Notizen und Anmerkungen von unterwegs

Iquitos – die merkwürdigste Stadt von allen

Iquitos

Iquitos in Peru, Photo by Norbert Böer

Falls man einige Jahre auf dem Buckel, ein paar Kontinente und noch mehr Länder gesehen hat, dann mag man in einer stillen Stunde und bei einem guten trockenen Rotwein schon einmal seine Hitliste der Destinationen erstellen. Welches denn die interessanteste Stadt ist, in die ein Flugzeug unsereinen fliegen kann? Was ist wohl das Topziel für Traveller auf diesem ganzen runden Globus?

Nein, nein, gemeint ist kein Wüstenloch mit Holperpiste und auch kein Südseeeiland, in das uns eine propellernde Cessna bringt. Nein, ich meine eine große Stadt mit großem Flughafen, eine richtige City mit richtigem City-Airport. Und dann mag man am Barolo nippen und seine Liste durchgehen, wer da auf vorderen Plätzen zu finden sein muss: CDG, sicherlich, weil in Paris noch immer die Liebe wohnt. NYC, wo das Leben pulsiert, man aber tunlichst reich sein sollte. In GOI braucht man nicht unbedingt reich sein, der Goa-Besucher sollte aber zumindest jung sein. Und bei SFO sollte man am besten beides sein, jung und reich.

Meine Nummer Eins ist allerdings eine ganz andere Stadt. Ein Ziel, das so viele noch nicht angesteuert haben, und das manchem gänzlich unbekannt ist: IQT. Mitten im Amazonaswald.  Bei Iquitos muss man zuallererst einen Blick auf die Landkarte werfen, um zu erkennen, dass die Menschheit sich hier eine unglaubliche Albernheit erlaubt hat. 3.646 Kilometer fern dem Atlantik und 1.859 Kilometer abseits der Hauptstadt Lima am Stillen Ozean liegt diese Großstadt – 03°47´17´´ Süd, 73°14´59´´ West – eingefangen und eingesperrt inmitten des Amazonasgestrüpps. Die Stadt lässt sich bequem eigentlich nur auf dem Luftweg erreichen, jedenfalls gibt es keine Straße, die zu dieser Stadt führt. Außer durch die Luft bietet sich nur das Wasser an: ein tagelanger Umweg über Pucallpa am Rio Ucayali, der dann in den Amazonas mündet, bleibt die einzige Alternative zum Flugzeug..
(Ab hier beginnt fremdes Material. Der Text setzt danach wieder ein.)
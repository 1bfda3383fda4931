//! What becomes of a session's own state once a call is decided and its step is taken.

ghost use Rattle.std.specs.Prelude.{◌≡◌, false, Option, Some, None, is_some, option_map, unwrap_or};
ghost use Rattle.session_local.specs.Local.{cursor_labelled};
ghost use Rattle.session_local.specs.Finishing.{after_step, begun_with, finished, is_release, with_copied, with_filled, with_opened};
ghost use Rattle.session_local.specs.Deciding.{CopiedFits, begins_or_opens, bytes_after_step, decided_at, decided_in, reply_after, table_of, with_copied_by, with_filled_by};
ghost use Rattle.session_local.specs.Preparing.{FitsCursor, update_of};

use crate::buffers::Buffers;
use crate::decision::Decision;
use crate::local::Local;
use crate::prepared::Prepared;
use crate::request::Request;
use index_derive::{EntryKind, Schema, Step};
use jet_base::{CursorId, TableId};
use temp_table::TempTable;

/// Brings the session's own state to what the definitions say after the call. It takes no memory.
///
/// It goes by the step and not by the reply, since a log that could not be flushed changes the reply alone. The calls that
/// move a cursor have moved it already.
pub fn finish(local: &mut Local, request: &Request, decision: Decision)
    requires { CopiedFits local.old.state request.now decision.copied }
    ensures state { local.new.state ≡ finished local.old.state request.now (decided_in decision) }
    ensures session { local.new.session ≡ local.old.session }
    ensures reply { local.new.reply ≡ reply_after local.old.reply request.now decision.step decision.buffers }
{
    let Decision {
        step,
        table,
        copied,
        temp,
        buffers,
        ..
    } = decision;
    take_copied(local, request, copied);
    take_filled(local, request, temp);
    take_step(local, request, &step, table, buffers);
}

// What the copied update of a PrepareUpdate leaves.
fn take_copied(local: &mut Local, request: &Request, copied: Option<Prepared>)
    requires { CopiedFits local.old.state request.now copied }
    ensures state { local.new.state ≡ with_copied_by local.old.state request.now (option_map update_of copied) }
    ensures session { local.new.session ≡ local.old.session }
    ensures reply { local.new.reply ≡ local.old.reply }
{
    match request {
        Request::PrepareUpdate { cursor, .. } => prepare_copied(local, *cursor, copied),
        _ => {}
    }
}

// The copied update is prepared on the cursor with this label, where there is one.
fn prepare_copied(local: &mut Local, label: CursorId, copied: Option<Prepared>)
    requires { FitsCursor (cursor_labelled local.old.state label.0) copied }
    ensures { local.new ≡ record local.old { state = with_copied local.old.state label.0 (option_map update_of copied) } }
{
    if copied.is_some() {
        local.prepare(label, copied);
    }
}

// The temporary table that an IntersectIndexes filled is open.
fn take_filled(local: &mut Local, request: &Request, filled: Option<TempTable>)
    ensures state { local.new.state ≡ with_filled_by local.old.state request.now filled }
    ensures session { local.new.session ≡ local.old.session }
    ensures reply { local.new.reply ≡ local.old.reply }
{
    match request {
        Request::IntersectIndexes { temp, .. } => open_filled(local, *temp, filled),
        _ => {}
    }
}

// The table is open under this label, where there is one.
fn open_filled(local: &mut Local, label: CursorId, filled: Option<TempTable>)
    ensures { local.new ≡ record local.old { state = with_filled local.old.state label filled } }
{
    if let Some(table) = filled {
        local.open_filled(label, table);
    }
}

// What the step leaves of each call but a PrepareUpdate and an IntersectIndexes.
fn take_step(
    local: &mut Local,
    request: &Request,
    step: &Option<Step>,
    table: Option<(TableId, Schema)>,
    buffers: Option<Buffers>,
)
    ensures state { local.new.state ≡ finished local.old.state request.now (decided_at step.now table buffers) }
    ensures session { local.new.session ≡ local.old.session }
    ensures reply { local.new.reply ≡ reply_after local.old.reply request.now step.now buffers }
{
    match request {
        Request::BeginSession => begin(local, step, buffers),
        Request::OpenTable { cursor, .. } => open(local, *cursor, step, table),
        _ => go_on(local, request, step),
    }
}

// The session begins, where its memory was taken.
fn begin(local: &mut Local, step: &Option<Step>, buffers: Option<Buffers>)
    ensures state { local.new.state ≡ after_step step.now local.old.state (begun_with (is_some buffers) local.old.state) }
    ensures session { local.new.session ≡ local.old.session }
    ensures reply { local.new.reply ≡ bytes_after_step step.now local.old.reply (unwrap_or buffers local.old.reply) }
{
    if step.is_some()
        && let Some(buffers) = buffers
    {
        local.begin(buffers);
    }
}

// A cursor is opened on the table that was found.
fn open(local: &mut Local, cursor: CursorId, step: &Option<Step>, table: Option<(TableId, Schema)>)
    ensures { local.new ≡ record local.old { state = after_step step.now local.old.state (with_opened local.old.state cursor.0 (option_map table_of table)) } }
{
    if step.is_some()
        && let Some((table, schema)) = table
    {
        local.open(cursor, table, schema);
    }
}

// What the step of another call leaves.
fn go_on(local: &mut Local, request: &Request, step: &Option<Step>)
    requires { begins_or_opens request.now ≡ false }
    ensures state { local.new.state ≡ finished local.old.state request.now (decided_at step.now None None) }
    ensures session { local.new.session ≡ local.old.session }
    ensures reply { local.new.reply ≡ reply_after local.old.reply request.now step.now None }
{
    if step.is_none() {
        return;
    }
    match request {
        Request::EndSession => local.end(),
        Request::CommitTransaction { .. } => {
            if !is_release(step) {
                local.drop_prepared();
            }
        }
        Request::Rollback { .. } => local.drop_prepared(),
        Request::CloseTable { cursor } => local.close(*cursor),
        Request::Update { cursor } => local.prepare(*cursor, None),
        _ => {}
    }
}

// Whether the step is the commit of an inner level.
fn is_release(step: &Option<Step>) -> bool
    ensures { result ≡ is_release step.now }
{
    match step {
        Some(Step::One(entry)) => matches!(entry.kind, EntryKind::Release),
        Some(Step::Alone(_)) | None => false,
    }
}
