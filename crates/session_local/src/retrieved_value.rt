//! Values that are read into the reply buffer where they lie.

ghost use Rattle.std.specs.Prelude.{List, ℕ, ◌≡◌, ◌≤◌, IfSome, IsTrue, length, min, Option};
ghost use Rattle.session_local.specs.Answer.{answered_by};
ghost use Rattle.session_local.specs.Showing.{IsRead, names_within, value_answered};

use crate::reply::{Reply, Value};
use jet_base::Jet;

/// A value that is read where it lies, in parts or in one.
pub trait RetrievedValue {
    /// Its bytes, where there is such a value.
    ghost bytes: { Self → Option (List ℕ) };

    /// Reads its first bytes, as many as there is room for: how many were read, and how many it has. What is behind them in the
    /// slice stays. None where there is no such value.
    fn read(&self, into: &mut [u8]) -> Option<(usize, usize)>
        ensures { IsRead (bytes self.now) result into.old into.new };
}

/// Reads the first bytes of a value, up to the most that was asked for, to the front of a buffer that is long enough.
pub(crate) fn show_front<V: RetrievedValue>(buffer: &mut [u8], value: &V, most: usize) -> Reply
    requires long { min most 1048576 ≤ length buffer.old }
    requires short { IfSome (V.bytes value.now) (λ bytes. length bytes ≤ 1048576) }
    ensures answer { answered_by result buffer.new ≡ value_answered most (V.bytes value.now) }
    ensures named { IsTrue (names_within result.value (length buffer.new)) }
{
    let room = most.min(buffer.len());
    let (front, _) = buffer.split_at_mut(room);
    match value.read(front) {
        Some((count, whole)) => Reply {
            jet: if most < whole {
                Jet::BufferTruncated
            } else {
                Jet::Success
            },
            value: Value::Bytes(count, whole as u64),
        },
        None => Reply {
            jet: Jet::ColumnNull,
            value: Value::Nothing,
        },
    }
}
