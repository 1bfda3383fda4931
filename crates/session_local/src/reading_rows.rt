//! Values of the current row of a temporary table.

ghost use Rattle.std.specs.Prelude.{◌≡◌, Some, IfOk, IsTrue};
ghost use Rattle.column_set.specs.RecordValues.{value_fits};
ghost use Rattle.session_local.specs.ChangingTemps.{read_by};
ghost use Rattle.session_local.specs.Showing.{answered_with, HasRoom};
ghost use Rattle.session_local.specs.TempCalls.{row_read, value_read};

use crate::showing::Shown;
use jet_base::{ColType, Jet};
use record_edit::{is_number_type, number_of};
use temp_table::TempTable;

/// The value of the current row in a column, which is counted from 1.
pub(crate) fn value_at(table: &TempTable, column: u8) -> Result<Shown<'_>, Jet>
    ensures answer { read_by result ≡ row_read table.now column }
    ensures room { IfOk result HasRoom }
{
    if !table.is_on() {
        return Err(Jet::NoCurrentRecord);
    }
    if column == 0 {
        return Err(Jet::ColumnNotFound);
    }
    let at = usize::from(column) - 1;
    match table.columns().get(at) {
        Some(found) => match table.read(at) {
            Some(value) => Ok(shown(found.kind, value)),
            None => Err(Jet::ColumnNull),
        },
        None => Err(Jet::ColumnNotFound),
    }
}

// A value of the type as it is shown: a number as one.
fn shown(kind: ColType, value: &[u8]) -> Shown<'_>
    requires { IsTrue (value_fits kind value.now) }
    ensures answer { answered_with 255 result ≡ value_read kind (Some value.now) }
    ensures room { HasRoom result }
{
    if is_number_type(kind) {
        Shown::Number(number_of(kind, value))
    } else {
        Shown::Bytes(value)
    }
}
Und spätestens hier wird einem klar, dass IQT sich des Spitzenplatzes würdig zeigt: Aus dem Flieger erkennt man rasch die Faszination, die von dieser Stadt ausgeht: Hunderte Quadratkilometer sieht man nur diesen gleichmäßigen grünen Vegetationsteppich. Dann taucht urplötzlich dieses wilde Knäuel von Häusern, zerzausten Straßen und Plätzen auf. Und dann wieder dieser unendliche grüne Teppich, der nirgends auf zu hören scheint. Wenn man dann aus dem Flieger steigt, kommt es einem zunächst vor, als ob man gegen eine Wand läuft. Die Hitze und Schwüle des Regenwaldes, diese Urkraft der Natur, diese Bemächtigung über jedes Leibliche, zeigt sich als erste Warnung von Natur an Mensch.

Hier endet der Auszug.